Tudo bem, talvez você esteja me achando um tanto exagerado demais. É que, na realidade, ando sentindo falta dos sonhos. Me perdi deles faz algumas semanas, meses, anos...
não, não. Anos não. Lembro que há uns bons meses tive um sonho belíssimo. Claro, envolvendo a vida real e suas maravilhosas possibilidades de felicidade. Ainda bem que tenho noção de realidade; na verdade, ainda bem que tenho noção das pessoas. E olha que não leio as pessoas como eu gostaria de ler. As leio erroneamente, invento-as histórias mirabolantes – sendo que a maioria sofre de amores eternos por mim, tamanho egocentrismo. Mas não é minha culpa. Tenho uma família disfuncional, você também não tem?
Não?
Ah, por favor. Vamos fazer um trato. Eu concordo em concordar com você e você concorda em concordar comigo e tudo fica espetacularmente bonito.
Aí você para de ler por aqui, e eu não preciso me esforçar a continuar falando para alguém que pouco acredita nas palavras de alguém que, provavelmente, tem muito menos idade que você. Eu espero.


II


Acordar depois de uma noite destes sonhos que não tive... que mesmo sendo sonhos que não lembro, estavam melhores que esta casa quente e bagunçada, que mais me lembra minha mente.
As portas fechadas, as janelas fechadas, as cortinas fechadas; de que adianta uma mente aberta que não sai para ver o mundo? Mas do que adianta um mundo sem o quê para ser visto?
Nunca entendi direito a lógica, o raciocínio da vida; e, na realidade, acho que nunca o entendi por perceber ser simples demais. Acabo complicando por me sentir injuriado com esta simplicidade. É só isso? Não, não, não pode ser só isso!
Dentro desta fauna de demônios que me seguem, dentre os mais perigosos estão aqueles que criei. Os que me apareceram pelo caminho lidei como lembranças de quinta, agora: como sou prepotente, até mesmos meus medos nascidos de mim são mais amedrontadores.
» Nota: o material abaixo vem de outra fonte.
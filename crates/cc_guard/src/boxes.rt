// Boxed expressions and statements of Cminor.

ghost use Rattle.std.specs.Prelude.{◌≡◌, IfOk};
ghost use Rattle.cc_cminor_language.specs.Cminor as cminor;
ghost use Rattle.cc_cminor_language.specs.Code.{expression_of, statement_of, in_sequence};
ghost use Rattle.cc_cminor_language.specs.Statements.{statements_of};

use cc_cminor_language::{
    Expression, Statement, boxed_expression, boxed_statement, constant, local,
};
use cc_words::{Binary, Unary, Width};
use std::alloc::{AllocError, Global};

pub fn unary(
    alloc: Global,
    operator: Unary,
    operand: Box<Expression>,
) -> Result<Box<Expression>, AllocError>
    ensures { IfOk result (λ e. expression_of e.value ≡ cminor.Unary operator (expression_of operand.value)) }
{
    boxed_expression(alloc, Expression::Unary(operator, operand))
}

pub fn binary(
    alloc: Global,
    operator: Binary,
    left: Box<Expression>,
    right: Box<Expression>,
) -> Result<Box<Expression>, AllocError>
    ensures { IfOk result (λ e. expression_of e.value ≡ cminor.Binary operator (expression_of left.value) (expression_of right.value)) }
{
    boxed_expression(alloc, Expression::Binary(operator, left, right))
}

pub fn load(
    alloc: Global,
    width: Width,
    object: usize,
    index: Box<Expression>,
) -> Result<Box<Expression>, AllocError>
    ensures { IfOk result (λ e. expression_of e.value ≡ cminor.Load width object (expression_of index.value)) }
{
    boxed_expression(alloc, Expression::Load(width, object, index))
}

/// Copies an expression.
pub fn copied(alloc: Global, e: &Expression) -> Result<Box<Expression>, AllocError>
    ensures { IfOk result (λ copy. expression_of copy.value ≡ expression_of e.now) }
{
    match e {
        Expression::Constant(word) => constant(alloc, *word),
        Expression::Local(variable) => local(alloc, *variable),
        Expression::Unary(operator, a) => {
            let a = copied(alloc, a)?;
            unary(alloc, *operator, a)
        }
        Expression::Binary(operator, a, b) => {
            let a = copied(alloc, a)?;
            let b = copied(alloc, b)?;
            binary(alloc, *operator, a, b)
        }
        Expression::Load(width, object, i) => {
            let i = copied(alloc, i)?;
            load(alloc, *width, *object, i)
        }
    }
}

/// A statement that runs these statements one after another.
pub fn sequence(alloc: Global, all: Vec<Statement>) -> Result<Box<Statement>, AllocError>
    ensures { IfOk result (λ s. statement_of s.value ≡ in_sequence (statements_of all.items)) }
{
    boxed_statement(alloc, Statement::Sequence(all))
}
quarta-feira, 16 de fevereiro de 2011

Poderia, se.

Agora eu poderia escrever o mais lindo poema de amor. Poderia escrever o mais belo conto de paixão. Poderia, pois não posso, não agora. Poderia, pois não tenho a quem dizer, a quem contar, a quem pedir para acender a luz para que eu possa melhor ler.
Agora eu poderia te dizer as mais belas palavras; mas a tí? A tí quem? Poderia se soubesse de ti, mas disto não sei. Sei bem sobre mim, sim. Sobre ti? Quem és?
Agora eu poderia recitar para mim os mais belos versos, citar os mais belos tons das mais belas manhãs, tardes, noites... Mas não, não posso. Poderia se me convencesse de que amo tanto assim a mim. Eu poderia me dizer o que dirias para ti mesmo, se.
Agora eu poderia fazer as mais belas declarações a mim mesmo; mas a mim? A mim quem? Poderia, se soubesse tanto quanto te digo saber de mim. Sobre mim? Quem és?
Não, não. Melhor, por agora, dar-me ao silêncio, ao suspense. Um dia as declaro, porém não em vão. Não, não; melhor agora não.